We can see high dentry_cache usage on the systems those who are running some programs which are opening and closing huge number of files. Sometimes high dentry_cache leads the system to run out of memory in such situations performance gets severly impacted as the system will start using swap space.

Ref: The dentry_cache / dentry slab cache size continually grows on Red Hat Enterprise Linux - Red Hat Customer Portal

We haven’t seen that behaviour on other systems, which raises the curiosity even more.

Thanks again

Kevin_Krumm · 2 January 2018 23:43

have you gone through the performance doc? https://docs.librenms.org/#Support/Performance/

sjohnson · 2 January 2018 23:57

I don’t remember reading all of those in the past. Don’t know how long they’ve been there or if I had just missed them, but I’ll definitely be going through all of them tomorrow, thanks.

sjohnson · 3 January 2018 22:27

OK, here’s a current recap. We’ve switched to RRDCached, did some MySQL optimizations and dug a bit more, as it might indeed be nothing to worry about, but we really would like to make sense into all of it and understand what’s happening.

We’ve noticed that we have around 82K new dentry objects after each 5 min cron iteration. Is that considered normal from what you’ve experienced? We’ve never had a system that had that many entries (up to 110G the last time), so we’re really trying to figure what’s causing this. And our installation is still pretty small (see below). If you have a clue, that would be great, otherwise, we’ll keep digging.

Thanks!

Kevin_Krumm · 3 January 2018 22:31

RRDCaching should help allot. How many devices are you polling, ports, sensors? Also hows your poller time? Is staying below 300 seconds?

sjohnson · 3 January 2018 22:32

Sorry, I just added up the inventory as indeed, I noticed it was a key element missing right after I posted

As for the time it takes, its just a little over a minute at the most.

Kevin_Krumm · 3 January 2018 22:34

Looks good then. I would watch it see if the RRDCaching makes a diffrence.

sjohnson · 3 January 2018 22:35

Is it supposed to improve over time? Because I’ve enabled it around noon, and the 82K dentry stats is from about 20 minutes ago.

Kevin_Krumm · 3 January 2018 22:35

Yes. https://blog.librenms.org/2017/10/09/performance-when-rrdcached-can-reduce-your-write-iops-by-3000/

sjohnson · 3 January 2018 22:43

OK, thanks for the quick replies.
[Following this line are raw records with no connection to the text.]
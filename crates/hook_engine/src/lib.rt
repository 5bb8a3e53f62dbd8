//! The hook programs on threads: each packet reads the registers, is judged, and is charged, without a lock.
//!
//! An engine has the registers, the two maps of statistics, and the totals by app and by interface. A pass is
//! the leave to make calls on it: whoever has one makes calls, and passes are split for threads and joined
//! again. `specs/Passes` says what a pass is seen as and what each call on it promises: its receipt obeys the
//! rules on its own reads, these are true of what the pass knows afterwards, and what it charged is appended to
//! the pass's lists. `specs/Ends` says what closing gives, by these lists. They stand in proofs alone: a call
//! stores nothing but its atomic steps and its receipt, takes no memory, and waits for nobody.
#![tactic(auto)]

mod close;
mod count;
mod engine;
mod hooks;
mod look;
mod pass;
mod room;
mod seats;
mod tally;

pub use close::{EngineRest, SeatsOut};
pub use engine::{DeskSeats, Engine};
pub use pass::Pass;
pub use room::CloseRoom;
pub use tally::{NoTally, Tally};

#[cfg(test)]
mod tests;
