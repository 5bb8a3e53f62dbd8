//! The engine, and how it begins.

ghost use Rattle.std.specs.Prelude.{◌≡◌, ℕ, [], IfOk};
ghost use Rattle.acct_base.specs.Amounts.{zero_amount};
ghost use Rattle.acct_base.specs.Ranges.{AreSizes};
ghost use Rattle.total_rows.specs.Seats.{known};
ghost use Rattle.hook_engine.specs.Passes.{fresh};
ghost use Rattle.hook_engine.specs.Tables.{AreSeatsOf, knows, maps_of, apps_of};

use crate::pass::Pass;
use acct_base::Sizes;
use grace_rows::{CollectSeat, Paired};
use reg_words::{Regs, Writer};
use std::alloc::{AllocError, Global};
use std::marker::Model;
use total_rows::{TotalSeat, Totals};

/// The tables of the packet programs, which threads share. It is seen as its sizes, and its tables, by which it
/// knows its passes and the desk's seats.
#[derive(Drop)]
pub struct Engine {
    pub(crate) sizes: Sizes,
    pub(crate) regs: Regs,
    pub(crate) paired: Paired,
    pub(crate) apps: Totals,
    pub(crate) ifaces: Totals,
}

impl Model for Engine {
    ghost use Rattle.hook_engine.specs.Tables.{EngineState};

    ghost Value = { EngineState };

    ghost use Rattle.hook_engine.specs.EngineInside.{engine_state, IsEngine};

    ghost view = { engine_state };

    ghost invariant = { IsEngine };
}

/// The seats of whoever gives the engine its commands and collects from it.
#[derive(Drop)]
pub struct DeskSeats {
    /// The one that writes the registers.
    pub writer: Writer,
    /// The one that collects.
    pub collect: CollectSeat,
    /// A seat of the app totals that only reads.
    pub apps: TotalSeat,
}

impl Engine {
    /// An engine with tables of these sizes, a pass that has all its calls, and the desk's seats. Nothing is
    /// written, charged or known yet. All memory that calls ever need is taken here.
    pub fn new(alloc: Global, sizes: &Sizes) -> Result<(Engine, Pass, DeskSeats), AllocError>
        requires { AreSizes sizes.now }
        ensures sizes { IfOk result (λ t. t.0.sizes ≡ sizes.now) }
        ensures pass { IfOk result (λ t. t.1 ≡ record { tables = t.0.tables; has = fresh sizes.now.calls; loads = 0; loaded = 0; notes = [] }) }
        ensures seats { IfOk result (λ t. AreSeatsOf t.0.tables t.2.writer t.2.collect t.2.apps) }
        ensures writer { IfOk result (λ t. (t.2.writer.journal ≡ []) × (t.2.writer.front ≡ 0)) }
        ensures collector { IfOk result (λ t. (t.2.collect.phase ≡ 0) × (t.2.collect.snapshots ≡ [])) }
        ensures apps { IfOk result (λ t. (t.2.apps.left ≡ 0) × (t.2.apps.made ≡ 0) × (t.2.apps.adds ≡ [])) }
        ensures knows { IfOk result (λ t. (uid : ℕ) → known t.2.apps uid ≡ zero_amount) }
    {
        let (regs, writer, reader) = Regs::new(alloc, &sizes.regs)?;
        let (paired, hook, collect) = Paired::new(alloc, sizes.rows, sizes.calls)?;
        let (apps, mut app_seat) = Totals::new(alloc, sizes.apps, sizes.calls)?;
        let (ifaces, iface_seat) = Totals::new(alloc, sizes.ifaces, sizes.calls)?;
        let seats = DeskSeats {
            writer,
            collect,
            apps: apps.split(&mut app_seat, 0),
        };
        let pass = Pass {
            reader,
            hook,
            apps: app_seat,
            ifaces: iface_seat,
            left: sizes.calls,
            made: 0,
        };
        let engine = Engine {
            sizes: *sizes,
            regs,
            paired,
            apps,
            ifaces,
        };
        Ok((engine, pass, seats))
    }

    /// The registers, which the desk writes.
    pub fn regs(&self) -> &Regs
        ensures origin { result.now ≡ self.now.tables.regs }
        ensures limits { result.now.limits ≡ self.now.sizes.regs }
    {
        &self.regs
    }

    /// The two maps of statistics, from which the collector collects.
    pub fn paired(&self) -> &Paired
        ensures { result.now ≡ maps_of self.now }
    {
        &self.paired
    }

    /// The totals by app, which the collector reads.
    pub fn apps(&self) -> &Totals
        ensures { result.now ≡ apps_of self.now }
    {
        &self.apps
    }
}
Will read keep an eye on it then.

sjohnson · 5 January 2018 13:25

After close to 48h after the changes, there really hasn’t been any improvement whatsoever, neither on the IOPS or the dentry object count… Any idea if that can be normal and/or what can I check to validate/improve?

Thanks again!

Kevin_Krumm · 5 January 2018 14:46

Are you sure RRDcaching is running?

sjohnson · 5 January 2018 14:51

Yes it is, and with all the settings given in the RRDCached installation CentOS 7 part of the guide.
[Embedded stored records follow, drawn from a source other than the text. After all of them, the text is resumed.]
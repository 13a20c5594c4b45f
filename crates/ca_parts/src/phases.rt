//! Parts that come back, by what they show over one period.

ghost use Rattle.std.specs.Prelude.{◌≡◌, ◌≢◌, ℕ, ◌%◌, ◌<◌, ◌≤◌, ◌↔◌, ℤ, length, slice_index_or, []};
ghost use Rattle.std.specs.Prelude.{IsNone, IsTrue, IfSome};
ghost use Rattle.std.specs.Int.{int_min, int_max};
ghost use Rattle.ca_plane.specs.Prelude.{Picture, cell, longest_period, IsInBox, IsLeastBox};
ghost use Rattle.ca_parts.specs.Phases.{IsCourse, IsShortStep, plane_at};
ghost use Rattle.ca_parts.specs.inner.Courses.{HoldsBefore, IsNearBox};
ghost use Rattle.ca_parts.specs.inner.Courses.{SweepsBefore, IsInSweep};
ghost use Rattle.ca_parts.specs.Partings.{IsCovered};
ghost use Rattle.ca_parts.specs.inner.Sides.{IsLiveIn, TouchesEach, HasSidesOf};
ghost use Rattle.ca_parts.specs.inner.Tracks.{IsTrack, IsAcross, IsDown, ReachesAcross, ReachesDown};

use crate::track::Track;
use ca_plane::limits::{GREATEST_SHIFT, LONGEST_PERIOD};
use ca_plane::{Bounds, Plane};
use std::marker::Model;

/// Planes that are given as those of one period of a part that comes back, and the vector by which it is moved after
/// each period.
#[derive(Drop)]
pub struct Phases {
    planes: Vec<Plane>,
    dx: i64,
    dy: i64,
    // The smallest box that holds all that the planes show.
    sweep: Bounds,
}

impl Model for Phases {
    ghost use Rattle.ca_parts.specs.Phases.{Course};

    ghost Value = { Course };

    ghost use Rattle.ca_parts.specs.inner.Sweeps.{course_of, IsSwept};

    ghost view = { course_of };

    ghost invariant = { IsSwept };
}

impl Phases {
    /// The part with these planes, generation by generation, which is moved by `dx` to the right and `dy` downward
    /// after as many generations.
    ///
    /// There is none where no plane is given, or more than a claim's longest period has generations, or where the
    /// vector is longer than a claim's may be.
    pub fn new(planes: Vec<Plane>, dx: i64, dy: i64) -> Option<Phases>
        ensures some { IfSome result (λ p. p ≡ record { planes = planes.items; dx = dx; dy = dy }) }
        ensures none { IsNone result ↔ (IsCourse (record { planes = planes.items; dx = dx; dy = dy }) → ⊥) }
    {
        if !is_period(planes.len()) || !is_short(dx) || !is_short(dy) {
            return None;
        }
        let sweep = sweep_of(&planes);
        Some(Phases {
            planes,
            dx,
            dy,
            sweep,
        })
    }

    /// The generations of one period.
    pub fn period(&self) -> u64
        ensures value { result ≡ length self.now.planes }
        ensures some { 1 ≤ result }
        ensures most { result ≤ longest_period }
    {
        self.planes.len() as u64
    }

    /// The plane after `k` generations of a period.
    pub fn plane(&self, k: usize) -> &Plane
        requires { k < length self.now.planes }
        ensures { result.now ≡ slice_index_or self.now.planes k [] }
    {
        &self.planes[k]
    }

    /// The way to the right and downward by which the part is moved after each period.
    pub fn vector(&self) -> (i64, i64)
        ensures across { result.0 ≡ self.now.dx }
        ensures down { result.1 ≡ self.now.dy }
        ensures short_across { IsShortStep result.0 }
        ensures short_down { IsShortStep result.1 }
    {
        (self.dx, self.dy)
    }

    /// The planes of the period, generation by generation.
    pub fn planes(&self) -> &[Plane]
        ensures { result.now ≡ self.now.planes }
    {
        &self.planes
    }

    /// The planes of the period, in memory of their own.
    pub fn into_planes(self) -> Vec<Plane>
        ensures { result.items ≡ self.planes }
    {
        self.planes
    }

    // The plane that shows the part after n generations, but for the way that it has gone.
    pub(crate) fn plane_after(&self, n: u64) -> &Plane
        ensures { result.now ≡ plane_at self.now.planes (n % length self.now.planes) }
    {
        self.plane((n % self.period()) as usize)
    }

    // How the part moves across.
    pub(crate) fn across(&self) -> Track
        ensures bounded { IsTrack result }
        ensures across { IsAcross self.now result }
        ensures ends { (x y : ℤ) → IsCovered self.now x y → ReachesAcross self.now result }
    {
        Track {
            first: self.sweep.x0,
            last: self.sweep.x1,
            step: self.dx,
            period: self.planes.len() as u64,
        }
    }

    // How the part moves downward.
    pub(crate) fn down(&self) -> Track
        ensures bounded { IsTrack result }
        ensures down { IsDown self.now result }
        ensures ends { (x y : ℤ) → IsCovered self.now x y → ReachesDown self.now result }
    {
        Track {
            first: self.sweep.y0,
            last: self.sweep.y1,
            step: self.dy,
            period: self.planes.len() as u64,
        }
    }
}

// Whether a claim's period may be that long.
fn is_period(period: usize) -> bool
    ensures { IsTrue result ↔ (1 ≤ period) × (period ≤ longest_period) }
{
    0 < period && period as u64 <= LONGEST_PERIOD
}

// Whether the way is no longer than that of a claim may be.
fn is_short(step: i64) -> bool
    ensures { IsTrue result ↔ IsShortStep step }
{
    -GREATEST_SHIFT <= step && step <= GREATEST_SHIFT
}

// The box round all live cells of the planes. Where there are none, any box does.
fn sweep_of(planes: &[Plane]) -> Bounds
    ensures near { IsNearBox result }
    ensures all { HoldsBefore planes.now (length planes.now) result }
    ensures least { (x y : ℤ) → IsLiveIn planes.now (length planes.now) x y
        → TouchesEach planes.now (length planes.now) result }
{
    match live_sweep(planes) {
        Some(sweep) => sweep,
        None => Bounds {
            x0: 0,
            y0: 0,
            x1: 0,
            y1: 0,
        },
    }
}

// The box round all live cells of the planes, where there are any.
fn live_sweep(planes: &[Plane]) -> Option<Bounds>
    ensures near { IfSome result IsNearBox }
    ensures all { SweepsBefore planes.now (length planes.now) result }
    ensures least { IfSome result (TouchesEach planes.now (length planes.now)) }
{
    let mut sweep = None;
    'planes: for plane in planes {
        sweep = with_plane(sweep, plane);
    }
    sweep
}

// The box round what was in the box and all live cells of the plane.
fn with_plane(sweep: Option<Bounds>, plane: &Plane) -> Option<Bounds>
    requires near { IfSome sweep IsNearBox }
    ensures near { IfSome result IsNearBox }
    ensures old { (x y : ℤ) → IsInSweep sweep x y → IsInSweep result x y }
    ensures new { (x y : ℤ) → cell plane.now x y ≢ 0 → IsInSweep result x y }
    ensures least { IfSome result (HasSidesOf sweep plane.now) }
{
    match near_bounds(plane) {
        Some(bounds) => Some(with_box(sweep, bounds)),
        None => sweep,
    }
}

// The box round what was in the one box, where there was any, and in the other.
fn with_box(sweep: Option<Bounds>, bounds: Bounds) -> Bounds
    requires near { IfSome sweep IsNearBox }
    requires other_near { IsNearBox bounds }
    ensures near { IsNearBox result }
    ensures old { (x y : ℤ) → IsInSweep sweep x y → IsInBox result x y }
    ensures new { (x y : ℤ) → IsInBox bounds x y → IsInBox result x y }
    ensures least { (p : Picture) → IsLeastBox p bounds → HasSidesOf sweep p result }
{
    match sweep {
        Some(one) => joined(one, bounds),
        None => bounds,
    }
}

// The box round the live cells of the plane, where there are any.
fn near_bounds(plane: &Plane) -> Option<Bounds>
    ensures near { IfSome result IsNearBox }
    ensures all { (x y : ℤ) → cell plane.now x y ≢ 0 → IsInSweep result x y }
    ensures least { IfSome result (IsLeastBox plane.now) }
{
    let _ = plane.as_slice();
    plane.bounds()
}

// The smallest box round both.
fn joined(one: Bounds, other: Bounds) -> Bounds
    requires near { IsNearBox one }
    requires other_near { IsNearBox other }
    ensures near { IsNearBox result }
    ensures one { (x y : ℤ) → IsInBox one x y → IsInBox result x y }
    ensures other { (x y : ℤ) → IsInBox other x y → IsInBox result x y }
    ensures x0 { result.x0 ≡ int_min one.x0 other.x0 }
    ensures y0 { result.y0 ≡ int_min one.y0 other.y0 }
    ensures x1 { result.x1 ≡ int_max one.x1 other.x1 }
    ensures y1 { result.y1 ≡ int_max one.y1 other.y1 }
{
    Bounds {
        x0: one.x0.min(other.x0),
        y0: one.y0.min(other.y0),
        x1: one.x1.max(other.x1),
        y1: one.y1.max(other.y1),
    }
}
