//! How parts that come back move along one axis, and whether they keep clear of each other there.

ghost use Rattle.std.specs.Prelude.{ℕ, ◌^◌, ◌≡◌, ◌≤◌, ◌↔◌, pos, ◌+ℤ◌, ◌-ℤ◌, ◌*ℤ◌, ◌≤ℤ◌, ◌⊎◌, IsTrue, IsFalse, IsNone, IfSome};
ghost use Rattle.ca_parts.specs.Phases.{IsShortStep};
ghost use Rattle.ca_parts.specs.inner.Apart.{IsShort};
ghost use Rattle.ca_parts.specs.inner.Tracks.{IsTrack, IsLongWay, IsWide, IsLengthOf, way};
ghost use Rattle.ca_parts.specs.Partings.{length_of};
ghost use Rattle.ca_parts.specs.inner.Tracks.{LiesBefore, KeepsBefore, AreClear, GoesNoFaster, GoAlike};

/// What the planes of one period cover of an axis, and the step by which the part is moved along it after each
/// period.
#[derive(Clone, Copy)]
pub(crate) struct Track {
    pub(crate) first: i64,
    pub(crate) last: i64,
    pub(crate) step: i64,
    pub(crate) period: u64,
}

impl Track {
    /// The way along the axis after n generations.
    pub(crate) fn way(self, n: u64) -> i128
        requires { IsTrack self }
        ensures value { result ≡ way self n }
        ensures long { IsLongWay result }
    {
        times(n / self.period, self.step)
    }

    // Where the track begins after n generations.
    fn first_after(self, n: u64) -> i128
        requires { IsTrack self }
        ensures value { result ≡ self.first +ℤ way self n }
        ensures wide { IsWide result }
    {
        i128::from(self.first) + self.way(n)
    }

    // Where it ends then.
    fn last_after(self, n: u64) -> i128
        requires { IsTrack self }
        ensures value { result ≡ self.last +ℤ way self n }
        ensures wide { IsWide result }
    {
        i128::from(self.last) + self.way(n)
    }

    // Whether after n generations the track ends at least that far before the other one begins.
    fn lies_before(self, other: Track, n: u64, gap: i128) -> bool
        requires one { IsTrack self }
        requires other { IsTrack other }
        requires some { pos 0 ≤ℤ gap }
        requires most { gap ≤ℤ pos (2 ^ 64) }
        ensures { IsTrue result ↔ LiesBefore self other n gap }
    {
        self.last_after(n) + gap <= other.first_after(n)
    }

    // Whether the part goes forward no faster than the other, over the same time.
    fn goes_no_faster(self, other: Track) -> bool
        requires one { IsTrack self }
        requires other { IsTrack other }
        ensures { IsTrue result ↔ GoesNoFaster self other }
    {
        times(other.period, self.step) <= times(self.period, other.step)
    }

    // Whether the track ends before the other one begins, 3 cells further at least, after n generations and more.
    fn stays_before(self, other: Track, n: u64) -> bool
        requires one { IsTrack self }
        requires other { IsTrack other }
        ensures kept { IsTrue result ↔ KeepsBefore self other n }
        ensures clear { IsTrue result → (k : ℕ) → n ≤ k → LiesBefore self other k (pos 3) }
    {
        self.goes_no_faster(other)
            && self.lies_before(other, n, length_of(self.step) + length_of(other.step) + 3)
    }
}

// The step, gone that many times.
fn times(count: u64, step: i64) -> i128
    requires { IsShortStep step }
    ensures value { result ≡ pos count *ℤ step }
    ensures long { IsLongWay result }
{
    i128::from(count) * i128::from(step)
}

// How long the step is, forward or back.
fn length_of(step: i64) -> i128
    requires { IsShortStep step }
    ensures value { result ≡ length_of step }
    ensures bounds { IsLengthOf step result }
{
    i128::from(step).abs()
}

// Whether no window of three cells sees both after n generations.
fn are_clear(one: Track, other: Track, n: u64) -> bool
    requires one { IsTrack one }
    requires other { IsTrack other }
    ensures clear { IsTrue result → AreClear one other n }
    ensures near { IsFalse result → IsShort (way one n -ℤ way other n) }
{
    one.lies_before(other, n, 3) || other.lies_before(one, n, 3)
}

/// The way from the other track to the first after n generations, where some window of three cells sees both.
pub(crate) fn way_between(one: Track, other: Track, n: u64) -> Option<i128>
    requires one { IsTrack one }
    requires other { IsTrack other }
    ensures none { IsNone result → AreClear one other n }
    ensures way { IfSome result (λ d. d ≡ way one n -ℤ way other n) }
    ensures short { IfSome result IsShort }
{
    if are_clear(one, other, n) {
        return None;
    }
    Some(one.way(n) - other.way(n))
}

/// Whether it is known at once that none ever does, after n generations and more.
pub(crate) fn stay_clear(one: Track, other: Track, n: u64) -> bool
    requires one { IsTrack one }
    requires other { IsTrack other }
    ensures kept { IsTrue result ↔ KeepsBefore one other n ⊎ KeepsBefore other one n }
    ensures clear { IsTrue result → (k : ℕ) → n ≤ k → AreClear one other k }
{
    one.stays_before(other, n) || other.stays_before(one, n)
}

/// Whether both go the same way over the same time.
pub(crate) fn go_alike(one: Track, other: Track) -> bool
    requires one { IsTrack one }
    requires other { IsTrack other }
    ensures alike { IsTrue result ↔ GoAlike one other }
{
    one.goes_no_faster(other) && other.goes_no_faster(one)
}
And have this in the config, as per the guide as well:
$config['rrdcached'] = "unix:/run/rrdcached.sock";

Kevin_Krumm · 5 January 2018 14:53

Can you check status of the service?

sjohnson · 5 January 2018 17:30

Yes, it was running/enabled and I restarted it to be sure, still no change:

$ systemctl status rrdcached
● rrdcached.service - Data caching daemon for rrdtool
   Loaded: loaded (/etc/systemd/system/rrdcached.service; enabled; vendor preset: disabled)
   Active: active (running) since Fri 2018-01-05 09:56:54 EST; 2h 30min ago
  Process: 29232 ExecStart=/sbin/rrdcached -w 1800 -z 1800 -f 3600 -s librenms -U librenms -G librenms -B -R -j /var/tmp -l unix:/run/rrdcached.sock -t 4 -F -b [path]/librenms/rrd/ (code=exited, status=0/SUCCESS)
 Main PID: 29233 (rrdcached)
   CGroup: /system.slice/rrdcached.service
           └─29233 /sbin/rrdcached -w 1800 -z 1800 -f 3600 -s librenms -U librenms -G librenms -B -R -j /var/tmp -l unix:/run/rrdcached.sock -t 4 -F -b [path]/librenms/rrd/

Kevin_Krumm · 5 January 2018 17:41

I’m sorry I really don’t know what else suggest I have never seen this on any my servers or with other users with LibreNMS or Network Monitoring in general. I’m not even sure if its a real issue.